Task description: For each line below that includes the word "stores", make a copy.

Records shown:
------------------------------------------------

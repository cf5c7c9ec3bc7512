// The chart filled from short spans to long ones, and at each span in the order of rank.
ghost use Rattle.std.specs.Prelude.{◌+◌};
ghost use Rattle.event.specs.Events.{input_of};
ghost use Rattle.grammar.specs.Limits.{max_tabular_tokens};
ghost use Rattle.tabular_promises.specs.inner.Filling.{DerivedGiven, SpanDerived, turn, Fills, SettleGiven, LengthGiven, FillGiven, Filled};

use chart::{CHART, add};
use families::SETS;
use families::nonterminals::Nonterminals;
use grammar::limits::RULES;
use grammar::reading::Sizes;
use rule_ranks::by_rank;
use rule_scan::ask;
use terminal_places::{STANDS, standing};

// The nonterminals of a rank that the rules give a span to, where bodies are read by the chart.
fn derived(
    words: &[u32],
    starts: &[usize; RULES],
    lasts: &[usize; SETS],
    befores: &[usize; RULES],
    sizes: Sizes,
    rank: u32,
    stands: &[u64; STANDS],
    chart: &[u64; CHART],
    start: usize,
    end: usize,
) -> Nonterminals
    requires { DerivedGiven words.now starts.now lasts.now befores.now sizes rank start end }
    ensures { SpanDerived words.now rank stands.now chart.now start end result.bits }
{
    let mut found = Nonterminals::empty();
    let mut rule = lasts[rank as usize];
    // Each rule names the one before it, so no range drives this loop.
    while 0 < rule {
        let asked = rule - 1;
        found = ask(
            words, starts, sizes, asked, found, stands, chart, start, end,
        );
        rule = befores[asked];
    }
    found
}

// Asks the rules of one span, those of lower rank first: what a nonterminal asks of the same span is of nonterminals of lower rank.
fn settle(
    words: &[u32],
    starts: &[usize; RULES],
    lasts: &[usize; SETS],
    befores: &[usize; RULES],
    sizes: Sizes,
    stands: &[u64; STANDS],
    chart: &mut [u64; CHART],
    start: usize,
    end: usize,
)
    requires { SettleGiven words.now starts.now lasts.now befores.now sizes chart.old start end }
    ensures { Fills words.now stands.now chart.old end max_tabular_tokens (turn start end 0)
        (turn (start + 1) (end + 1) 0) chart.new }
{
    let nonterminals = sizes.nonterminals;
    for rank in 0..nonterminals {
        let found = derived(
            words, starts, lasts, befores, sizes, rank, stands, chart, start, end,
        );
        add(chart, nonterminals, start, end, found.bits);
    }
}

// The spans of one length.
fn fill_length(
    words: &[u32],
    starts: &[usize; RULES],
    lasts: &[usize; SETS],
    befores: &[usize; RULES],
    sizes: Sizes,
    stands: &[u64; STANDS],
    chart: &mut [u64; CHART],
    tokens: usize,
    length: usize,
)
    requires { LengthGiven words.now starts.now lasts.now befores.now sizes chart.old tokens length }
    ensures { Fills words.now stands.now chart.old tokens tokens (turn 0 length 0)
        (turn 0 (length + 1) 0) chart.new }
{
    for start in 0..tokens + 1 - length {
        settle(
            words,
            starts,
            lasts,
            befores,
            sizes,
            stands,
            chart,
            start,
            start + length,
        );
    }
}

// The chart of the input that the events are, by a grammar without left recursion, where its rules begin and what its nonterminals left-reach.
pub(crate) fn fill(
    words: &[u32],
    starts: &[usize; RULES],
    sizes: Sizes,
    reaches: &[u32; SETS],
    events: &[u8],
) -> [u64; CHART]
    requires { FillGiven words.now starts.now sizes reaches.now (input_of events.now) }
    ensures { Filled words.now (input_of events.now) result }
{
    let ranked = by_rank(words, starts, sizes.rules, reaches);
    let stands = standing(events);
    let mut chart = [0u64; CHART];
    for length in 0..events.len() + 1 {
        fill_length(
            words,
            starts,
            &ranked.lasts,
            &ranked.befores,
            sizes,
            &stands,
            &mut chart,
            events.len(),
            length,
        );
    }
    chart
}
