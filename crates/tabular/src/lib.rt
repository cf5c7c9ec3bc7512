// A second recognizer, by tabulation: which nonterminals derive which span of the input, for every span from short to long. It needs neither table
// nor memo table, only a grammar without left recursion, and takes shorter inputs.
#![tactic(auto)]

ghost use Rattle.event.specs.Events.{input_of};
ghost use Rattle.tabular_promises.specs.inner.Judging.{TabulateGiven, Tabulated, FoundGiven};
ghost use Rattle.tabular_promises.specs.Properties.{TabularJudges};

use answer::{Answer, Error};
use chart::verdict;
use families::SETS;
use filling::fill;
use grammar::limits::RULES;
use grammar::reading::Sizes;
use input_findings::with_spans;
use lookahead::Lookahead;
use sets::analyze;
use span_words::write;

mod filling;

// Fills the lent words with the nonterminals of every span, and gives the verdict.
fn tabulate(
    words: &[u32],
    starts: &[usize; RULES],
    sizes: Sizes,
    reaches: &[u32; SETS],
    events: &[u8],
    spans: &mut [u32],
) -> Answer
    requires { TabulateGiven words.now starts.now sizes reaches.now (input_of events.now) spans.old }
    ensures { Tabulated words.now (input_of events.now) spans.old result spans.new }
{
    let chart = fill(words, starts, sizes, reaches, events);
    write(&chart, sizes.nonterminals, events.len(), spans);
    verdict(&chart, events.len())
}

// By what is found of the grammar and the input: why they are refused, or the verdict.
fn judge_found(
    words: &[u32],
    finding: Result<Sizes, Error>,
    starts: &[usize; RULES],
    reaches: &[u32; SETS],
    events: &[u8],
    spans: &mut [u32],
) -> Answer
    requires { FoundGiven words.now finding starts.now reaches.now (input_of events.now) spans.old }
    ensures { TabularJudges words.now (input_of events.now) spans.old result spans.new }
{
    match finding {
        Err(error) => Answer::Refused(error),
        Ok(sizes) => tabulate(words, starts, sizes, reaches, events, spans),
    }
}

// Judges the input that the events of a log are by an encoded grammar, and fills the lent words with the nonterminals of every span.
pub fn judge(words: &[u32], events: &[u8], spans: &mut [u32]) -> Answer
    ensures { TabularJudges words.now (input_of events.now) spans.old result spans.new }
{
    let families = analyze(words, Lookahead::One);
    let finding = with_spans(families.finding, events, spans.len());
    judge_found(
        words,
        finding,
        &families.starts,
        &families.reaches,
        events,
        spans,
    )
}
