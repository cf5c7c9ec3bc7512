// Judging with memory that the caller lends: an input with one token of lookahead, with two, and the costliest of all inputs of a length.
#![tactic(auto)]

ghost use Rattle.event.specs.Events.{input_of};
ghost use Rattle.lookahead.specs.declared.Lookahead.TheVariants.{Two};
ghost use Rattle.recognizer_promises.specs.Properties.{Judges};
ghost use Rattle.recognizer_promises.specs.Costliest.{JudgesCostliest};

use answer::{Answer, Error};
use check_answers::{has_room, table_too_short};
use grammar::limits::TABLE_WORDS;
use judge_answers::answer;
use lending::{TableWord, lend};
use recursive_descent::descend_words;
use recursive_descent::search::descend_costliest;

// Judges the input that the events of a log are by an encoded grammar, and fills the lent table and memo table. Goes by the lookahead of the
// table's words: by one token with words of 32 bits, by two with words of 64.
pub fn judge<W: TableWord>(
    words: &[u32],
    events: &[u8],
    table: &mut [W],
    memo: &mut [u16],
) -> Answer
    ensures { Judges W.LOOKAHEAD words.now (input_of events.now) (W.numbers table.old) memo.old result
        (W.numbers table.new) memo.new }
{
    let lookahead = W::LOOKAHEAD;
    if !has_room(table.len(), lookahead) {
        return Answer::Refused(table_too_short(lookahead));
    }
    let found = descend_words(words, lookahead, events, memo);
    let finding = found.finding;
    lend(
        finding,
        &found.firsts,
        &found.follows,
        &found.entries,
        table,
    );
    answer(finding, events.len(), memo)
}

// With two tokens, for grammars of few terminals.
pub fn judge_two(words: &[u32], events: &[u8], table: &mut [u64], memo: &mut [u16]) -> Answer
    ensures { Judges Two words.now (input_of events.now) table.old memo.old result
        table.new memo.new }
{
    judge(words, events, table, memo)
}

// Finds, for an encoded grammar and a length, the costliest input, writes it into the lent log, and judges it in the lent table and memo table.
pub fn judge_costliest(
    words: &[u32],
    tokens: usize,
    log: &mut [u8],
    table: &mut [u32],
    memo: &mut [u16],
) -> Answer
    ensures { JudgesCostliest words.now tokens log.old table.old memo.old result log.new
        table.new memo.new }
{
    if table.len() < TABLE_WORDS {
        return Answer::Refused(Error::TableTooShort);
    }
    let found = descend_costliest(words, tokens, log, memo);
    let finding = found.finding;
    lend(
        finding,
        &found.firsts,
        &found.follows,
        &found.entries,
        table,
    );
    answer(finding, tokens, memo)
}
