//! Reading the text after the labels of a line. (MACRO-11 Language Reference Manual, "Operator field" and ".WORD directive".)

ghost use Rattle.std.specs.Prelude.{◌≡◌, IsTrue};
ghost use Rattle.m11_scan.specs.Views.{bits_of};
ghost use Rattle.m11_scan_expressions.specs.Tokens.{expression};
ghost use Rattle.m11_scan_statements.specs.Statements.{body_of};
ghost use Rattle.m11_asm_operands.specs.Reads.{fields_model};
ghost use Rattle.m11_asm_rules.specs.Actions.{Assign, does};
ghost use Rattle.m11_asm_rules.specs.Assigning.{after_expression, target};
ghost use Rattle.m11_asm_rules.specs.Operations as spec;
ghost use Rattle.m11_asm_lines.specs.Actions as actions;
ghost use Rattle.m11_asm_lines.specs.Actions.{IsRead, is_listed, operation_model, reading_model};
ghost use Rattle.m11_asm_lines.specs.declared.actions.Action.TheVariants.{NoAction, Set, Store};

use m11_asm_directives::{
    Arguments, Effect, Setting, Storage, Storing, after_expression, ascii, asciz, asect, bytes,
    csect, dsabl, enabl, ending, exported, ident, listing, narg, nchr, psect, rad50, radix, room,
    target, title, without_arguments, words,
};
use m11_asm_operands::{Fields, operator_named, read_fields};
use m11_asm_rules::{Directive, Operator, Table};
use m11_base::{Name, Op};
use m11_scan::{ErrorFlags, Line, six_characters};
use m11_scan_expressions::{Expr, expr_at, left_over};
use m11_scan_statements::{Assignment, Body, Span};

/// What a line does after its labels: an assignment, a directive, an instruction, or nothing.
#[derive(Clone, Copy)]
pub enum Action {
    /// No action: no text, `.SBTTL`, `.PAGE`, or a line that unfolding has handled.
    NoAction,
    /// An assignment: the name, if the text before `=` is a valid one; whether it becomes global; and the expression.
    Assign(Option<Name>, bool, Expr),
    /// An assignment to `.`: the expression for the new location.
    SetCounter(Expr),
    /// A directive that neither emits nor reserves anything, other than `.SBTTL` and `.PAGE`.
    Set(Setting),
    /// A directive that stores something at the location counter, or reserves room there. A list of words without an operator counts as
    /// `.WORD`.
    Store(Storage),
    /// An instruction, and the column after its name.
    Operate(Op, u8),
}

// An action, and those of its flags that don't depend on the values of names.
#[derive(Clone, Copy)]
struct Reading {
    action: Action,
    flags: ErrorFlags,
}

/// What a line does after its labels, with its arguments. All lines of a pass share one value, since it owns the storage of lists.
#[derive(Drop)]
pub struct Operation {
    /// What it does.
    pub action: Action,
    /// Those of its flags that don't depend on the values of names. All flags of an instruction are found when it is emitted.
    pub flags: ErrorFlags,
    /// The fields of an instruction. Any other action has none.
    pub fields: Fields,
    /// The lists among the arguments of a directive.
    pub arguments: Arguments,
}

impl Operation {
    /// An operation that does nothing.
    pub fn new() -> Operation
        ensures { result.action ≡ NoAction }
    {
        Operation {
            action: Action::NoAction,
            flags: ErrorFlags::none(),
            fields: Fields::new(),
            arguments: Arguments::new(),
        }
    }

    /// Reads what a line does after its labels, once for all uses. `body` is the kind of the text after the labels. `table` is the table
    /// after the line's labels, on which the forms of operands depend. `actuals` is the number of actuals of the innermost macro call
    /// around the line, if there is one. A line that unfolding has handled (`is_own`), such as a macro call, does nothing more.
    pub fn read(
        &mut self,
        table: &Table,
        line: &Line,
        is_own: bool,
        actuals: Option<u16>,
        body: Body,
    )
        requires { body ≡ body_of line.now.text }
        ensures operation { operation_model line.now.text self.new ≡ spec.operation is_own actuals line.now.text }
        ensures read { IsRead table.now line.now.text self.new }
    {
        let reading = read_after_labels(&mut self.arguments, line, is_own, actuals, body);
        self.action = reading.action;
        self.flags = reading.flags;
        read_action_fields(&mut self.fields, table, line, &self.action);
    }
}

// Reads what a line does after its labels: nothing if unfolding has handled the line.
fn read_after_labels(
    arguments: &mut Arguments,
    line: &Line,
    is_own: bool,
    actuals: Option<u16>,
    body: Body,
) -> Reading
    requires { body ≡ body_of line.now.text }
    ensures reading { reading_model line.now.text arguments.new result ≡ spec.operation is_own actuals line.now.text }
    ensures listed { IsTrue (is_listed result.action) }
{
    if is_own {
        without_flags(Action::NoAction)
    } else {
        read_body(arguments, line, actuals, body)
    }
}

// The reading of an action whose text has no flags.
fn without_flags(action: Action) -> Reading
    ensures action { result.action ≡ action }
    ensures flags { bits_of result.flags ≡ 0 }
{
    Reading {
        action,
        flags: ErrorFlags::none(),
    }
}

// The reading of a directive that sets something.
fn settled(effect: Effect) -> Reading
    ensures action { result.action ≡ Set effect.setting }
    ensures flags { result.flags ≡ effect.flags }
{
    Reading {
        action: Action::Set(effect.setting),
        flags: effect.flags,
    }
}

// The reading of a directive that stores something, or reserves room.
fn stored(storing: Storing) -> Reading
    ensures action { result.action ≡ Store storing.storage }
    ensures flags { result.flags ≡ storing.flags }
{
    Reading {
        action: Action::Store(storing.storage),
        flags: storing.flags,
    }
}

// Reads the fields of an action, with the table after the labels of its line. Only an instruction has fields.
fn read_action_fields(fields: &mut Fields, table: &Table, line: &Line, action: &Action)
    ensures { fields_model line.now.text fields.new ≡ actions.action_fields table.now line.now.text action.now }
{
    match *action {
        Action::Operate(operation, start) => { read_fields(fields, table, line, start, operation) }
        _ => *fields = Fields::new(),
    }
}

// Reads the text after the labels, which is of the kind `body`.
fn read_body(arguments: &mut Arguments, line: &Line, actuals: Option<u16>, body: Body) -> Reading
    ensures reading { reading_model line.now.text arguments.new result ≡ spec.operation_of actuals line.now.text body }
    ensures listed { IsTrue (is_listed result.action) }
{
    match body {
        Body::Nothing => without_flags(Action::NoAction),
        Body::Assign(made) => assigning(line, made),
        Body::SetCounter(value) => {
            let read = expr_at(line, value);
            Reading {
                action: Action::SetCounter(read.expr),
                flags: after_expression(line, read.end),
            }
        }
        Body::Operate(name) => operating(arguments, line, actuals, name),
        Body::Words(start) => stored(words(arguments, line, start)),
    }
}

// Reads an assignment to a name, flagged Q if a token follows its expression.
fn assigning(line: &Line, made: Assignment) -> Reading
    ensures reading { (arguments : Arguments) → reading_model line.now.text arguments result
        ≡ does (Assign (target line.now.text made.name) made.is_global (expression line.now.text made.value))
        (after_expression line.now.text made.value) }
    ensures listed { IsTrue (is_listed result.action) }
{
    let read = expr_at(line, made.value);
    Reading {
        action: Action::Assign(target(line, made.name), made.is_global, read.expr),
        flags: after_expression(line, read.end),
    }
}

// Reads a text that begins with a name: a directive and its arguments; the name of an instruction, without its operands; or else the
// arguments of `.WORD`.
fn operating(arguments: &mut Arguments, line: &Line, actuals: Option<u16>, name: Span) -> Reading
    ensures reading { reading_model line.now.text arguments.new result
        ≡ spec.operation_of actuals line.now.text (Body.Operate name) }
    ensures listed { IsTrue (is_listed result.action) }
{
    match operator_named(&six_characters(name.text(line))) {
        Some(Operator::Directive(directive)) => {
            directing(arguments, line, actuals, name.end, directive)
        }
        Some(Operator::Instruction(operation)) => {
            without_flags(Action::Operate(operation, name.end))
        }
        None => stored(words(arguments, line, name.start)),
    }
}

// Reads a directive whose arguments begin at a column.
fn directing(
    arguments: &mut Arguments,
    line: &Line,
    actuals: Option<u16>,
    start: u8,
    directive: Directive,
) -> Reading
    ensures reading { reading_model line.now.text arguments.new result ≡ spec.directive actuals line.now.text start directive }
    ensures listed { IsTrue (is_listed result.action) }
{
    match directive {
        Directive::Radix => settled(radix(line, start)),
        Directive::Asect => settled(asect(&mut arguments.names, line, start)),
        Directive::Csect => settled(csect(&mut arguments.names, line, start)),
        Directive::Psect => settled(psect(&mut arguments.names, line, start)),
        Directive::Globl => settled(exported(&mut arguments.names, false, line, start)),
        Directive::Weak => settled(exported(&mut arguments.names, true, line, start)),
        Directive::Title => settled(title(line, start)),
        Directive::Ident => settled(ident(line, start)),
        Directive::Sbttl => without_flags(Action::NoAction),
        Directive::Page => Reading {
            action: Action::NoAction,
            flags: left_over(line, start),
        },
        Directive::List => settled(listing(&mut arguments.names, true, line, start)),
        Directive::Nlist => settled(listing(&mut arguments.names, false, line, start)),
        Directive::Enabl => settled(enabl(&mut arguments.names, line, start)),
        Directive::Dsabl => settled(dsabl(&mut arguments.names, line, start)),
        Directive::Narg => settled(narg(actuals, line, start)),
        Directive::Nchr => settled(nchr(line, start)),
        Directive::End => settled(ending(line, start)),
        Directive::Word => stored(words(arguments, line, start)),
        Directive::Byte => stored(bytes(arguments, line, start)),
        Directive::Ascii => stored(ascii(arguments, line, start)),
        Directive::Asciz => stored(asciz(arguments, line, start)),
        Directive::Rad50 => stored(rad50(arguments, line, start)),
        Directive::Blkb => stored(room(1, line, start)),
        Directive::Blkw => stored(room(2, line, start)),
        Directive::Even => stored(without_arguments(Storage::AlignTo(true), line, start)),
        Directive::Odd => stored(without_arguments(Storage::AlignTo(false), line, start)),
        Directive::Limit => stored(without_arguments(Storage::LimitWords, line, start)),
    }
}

------------------------------------------------

Finished exercise:
    /// A directive that stores something at the location counter, or reserves room there. A list of words without an operator counts as
// The reading of a directive that stores something, or reserves room.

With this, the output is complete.